AWS Database Best Practices: RDS, DynamoDB, and ElastiCache Guide

Technical TL;DR

Database = Application Heart. Wrong choice = re-architecture.

Key takeaways:

---

1. Database Selection Framework

1.1 Relational vs. NoSQL Decision

Start with relational (RDS). Only use NoSQL if specific requirements demand it.
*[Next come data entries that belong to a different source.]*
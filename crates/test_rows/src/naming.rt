//! Names that a question has.

use sr_base::{Name, NoMemory, name_of};
use std::alloc::{AllocError, Global};

/// The name that these letters spell. Letters that spell none count as want of memory.
pub fn named(alloc: Global, letters: &str) -> Result<Name, NoMemory> {
    match name_of(alloc, letters.as_bytes()) {
        Ok(name) => Ok(name),
        Err(_) => Err(AllocError),
    }
}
| Requirement | RDS (Relational) | DynamoDB (NoSQL) |

|-------------|------------------|------------------|

| **Structured data, fixed schema** | ✅ Best Choice | ❌ Not designed for |

| **Complex joins, transactions** | ✅ ACID compliant | ❌ No joins |

| **Ad-hoc queries, BI tools** | ✅ SQL standard | ❌ No query language |

| **Single-digit ms latency at any scale** | ❌ Performance degrades | ✅ Consistent performance |

| **Simple access patterns (key-value)** | ⚠️ Overkill | ✅ Optimized for |

| **Auto-scaling writes** | ❌ Manual scaling | ✅ Unlimited scale |

| **Eventual consistency acceptable** | ⚠️ Can be configured | ✅ Default behavior |

1.2 RDS Engine Selection

Choose the right RDS engine based on requirements and team skills.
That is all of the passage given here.